*WHAT YOU HAVE TO DO*. Scan the entries line by line and return those with "them".
:::::
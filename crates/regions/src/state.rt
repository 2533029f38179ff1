// The regions that the kernel's state holds, in the order of their entries, which is that of their addresses, and the protection unit.
ghost use Rattle.std.specs.Prelude.{◌≡◌, ◌<◌, [], length, get_or};
ghost use Rattle.model.specs.Lists.{at};
ghost use Rattle.model.specs.State.{no_region};
ghost use Rattle.model.specs.Regions.{end};
ghost use Rattle.regions.specs.View.{region_with, regions_of, info_of, shown_as};
ghost use Rattle.regions.specs.Form.{protection_of, regions_as};
ghost use Rattle.regions.specs.Held.{Held};

use access::vector::Vector;
use itron::limit::MAX_REGIONS;

// What a region has besides its place.
#[derive(Clone, Copy, PartialEq, Eq)]
pub struct Protection {
    pub(crate) domain: i32,
    pub(crate) attribute: u32,
    pub(crate) vector: Vector,
}

impl Protection {
    pub(crate) const NONE: Protection = Protection {
        domain: 0,
        attribute: 0,
        vector: Vector::KERNEL,
    };
}

// The first `count` cells of each array are used, the others are zeros. Bases and sizes are arrays of numbers, so that they can be lent, as `finding_find` is lent them from C.
#[derive(Clone, Copy)]
pub struct Regions {
    pub(crate) count: usize,
    pub(crate) bases: [u32; MAX_REGIONS],
    pub(crate) sizes: [u32; MAX_REGIONS],
    pub(crate) protections: [Protection; MAX_REGIONS],
    // The protection unit, of which every region is made.
    pub(crate) unit: u32,
}

// A region as it is shown; all zeros where there is none.
#[derive(Clone, Copy)]
pub struct RegionInfo {
    pub domain: i32,
    pub attribute: u32,
    pub base: u32,
    pub size: u32,
    pub vector: Vector,
}

impl RegionInfo {
    pub(crate) const NONE: RegionInfo = RegionInfo {
        domain: 0,
        attribute: 0,
        base: 0,
        size: 0,
        vector: Vector::KERNEL,
    };

    // A region by its place and its protection.
    pub(crate) fn of(base: u32, size: u32, protection: Protection) -> RegionInfo
        ensures { result ≡ info_of (region_with base size protection) }
    {
        let vector = protection.vector;
        RegionInfo {
            domain: protection.domain,
            attribute: protection.attribute,
            base,
            size,
            vector,
        }
    }

    // What it has besides its place.
    pub(crate) fn protection(self) -> Protection
        ensures { result ≡ protection_of (shown_as self) }
    {
        Protection {
            domain: self.domain,
            attribute: self.attribute,
            vector: self.vector,
        }
    }

    // The first address past the region, in 64 bits since it may be 2^32.
    pub(crate) fn end(self) -> u64
        ensures { result ≡ end (shown_as self) }
    {
        self.base as u64 + self.size as u64
    }
}

impl Regions {
    pub fn empty(unit: u32) -> Regions
        ensures { result ≡ regions_as unit [] }
    {
        Regions {
            count: 0,
            bases: [0; MAX_REGIONS],
            sizes: [0; MAX_REGIONS],
            protections: [Protection::NONE; MAX_REGIONS],
            unit,
        }
    }

    pub fn len(self) -> usize
        requires { Held self }
        ensures { result ≡ length (regions_of self) }
    {
        self.count
    }

    pub fn unit(self) -> u32
        ensures { result ≡ self.unit }
    {
        self.unit
    }

    // The region at an index; an index is a number less 1.
    pub(crate) fn at(self, index: usize) -> RegionInfo
        requires { Held self × (index < self.count) }
        ensures { result ≡ info_of (get_or (regions_of self) index no_region) }
    {
        let protection = self.protections[index];
        RegionInfo::of(self.bases[index], self.sizes[index], protection)
    }

    // The region of a number, whatever the number.
    pub fn region(self, number: usize) -> RegionInfo
        requires { Held self }
        ensures { result ≡ info_of (at no_region (regions_of self) number) }
    {
        match number.checked_sub(1) {
            Some(index) if index < self.count => self.at(index),
            _ => RegionInfo::NONE,
        }
    }
}
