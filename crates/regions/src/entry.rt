// Region entries (document 01, "Building the table").
ghost use Rattle.std.specs.Prelude.{◌≡◌, ◌<◌, [], ◌∷◌, ◌++◌, length};
ghost use Rattle.itron.specs.Limits.{max_regions};
ghost use Rattle.model.specs.Checks.{passed};
ghost use Rattle.model.specs.Regions.{attribute_ok, is_area, last_end};
ghost use Rattle.regions.specs.View.{regions_of};
ghost use Rattle.regions.specs.Form.{regions_as};
ghost use Rattle.regions.specs.Held.{Held};
ghost use Rattle.std.specs.Prelude.{Some as Given};
ghost use Rattle.model.specs.Regions.{new_region};
ghost use Rattle.regions.specs.Entries.{entry_check};

use crate::flag::{EXECUTABLE, NO_WRITE};
use crate::state::{Protection, Regions};
use crate::unit::is_whole;
use access::vector::Vector;
use itron::error::Error;
use itron::limit::ADDRESS_END;

#[derive(Clone, Copy)]
pub struct RegionEntry {
    pub domain: i32,
    pub attribute: u32,
    pub base: u32,
    pub size: u32,
    pub vector: Option<Vector>,
}

// Whether an attribute has no bits but no-write and execute.
pub(crate) fn is_attribute(attribute: u32) -> bool
    ensures { result ≡ attribute_ok attribute }
{
    attribute & (NO_WRITE | EXECUTABLE) == attribute
}

// Whether an area has bytes and ends within the addresses. The sum is made in 64 bits.
pub(crate) fn is_area(base: u32, size: u32) -> bool
    ensures { result ≡ is_area base size }
{
    (1 <= size) & (base as u64 + size as u64 <= ADDRESS_END)
}

impl Regions {
    // The end of the region entered last, 0 where there is none.
    pub(crate) fn last_end(self) -> u64
        requires { Held self }
        ensures { result ≡ last_end (regions_of self) }
    {
        let Some(last) = self.count.checked_sub(1) else {
            return 0;
        };
        self.at(last).end()
    }

    // An entry's attribute and numbers, by the checks of document 01 in their order.
    pub fn check(self, attribute: u32, base: u32, size: u32) -> Result<(), Error>
        requires { Held self }
        ensures { result ≡ passed (entry_check self.unit (regions_of self) attribute base size) }
    {
        let known = is_attribute(attribute);
        let fits = is_area(base, size) & is_whole(self.unit, base, size);
        let free = self.last_end() <= base as u64;
        if !known {
            return Err(Error::Rsatr);
        }
        if !fits {
            return Err(Error::Par);
        }
        if !free {
            return Err(Error::Obj);
        }
        Ok(())
    }

    // The regions with one more, the last.
    pub(crate) fn add(
        mut self,
        domain: i32,
        attribute: u32,
        base: u32,
        size: u32,
        vector: Vector,
    ) -> Regions
        requires { Held self × (length (regions_of self) < max_regions) }
        ensures { result ≡ regions_as self.unit (regions_of self ++ (new_region domain attribute base size (Given vector) ∷ [])) }
    {
        let index = self.count;
        self.bases[index] = base;
        self.sizes[index] = size;
        let protection = Protection {
            domain,
            attribute,
            vector,
        };
        self.protections[index] = protection;
        self.count = index + 1;
        self
    }

    // One region more, as given, its default vector resolved.
    pub fn register(self, given: RegionEntry) -> Regions
        requires { Held self × (length (regions_of self) < max_regions) }
        ensures { result ≡ regions_as self.unit (regions_of self ++ (new_region given.domain given.attribute given.base given.size given.vector ∷ [])) }
    {
        let vector = Vector::resolved(given.vector, given.domain);
        self.add(
            given.domain,
            given.attribute,
            given.base,
            given.size,
            vector,
        )
    }
}
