// Memory regions: the part of the kernel's state that holds them, their entries, and the memory verdict (documents 01 and 02).
#![tactic(auto)]

pub mod chain;
pub mod entry;
pub mod flag;
pub mod search;
pub mod state;
pub mod unit;
pub mod verdict;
:::::
*OUTPUT FOR THIS EXERCISE*.
// The first `count` cells of each array are used, the others are zeros. Bases and sizes are arrays of numbers, so that they can be lent, as `finding_find` is lent them from C.
// Memory regions: the part of the kernel's state that holds them, their entries, and the memory verdict (documents 01 and 02).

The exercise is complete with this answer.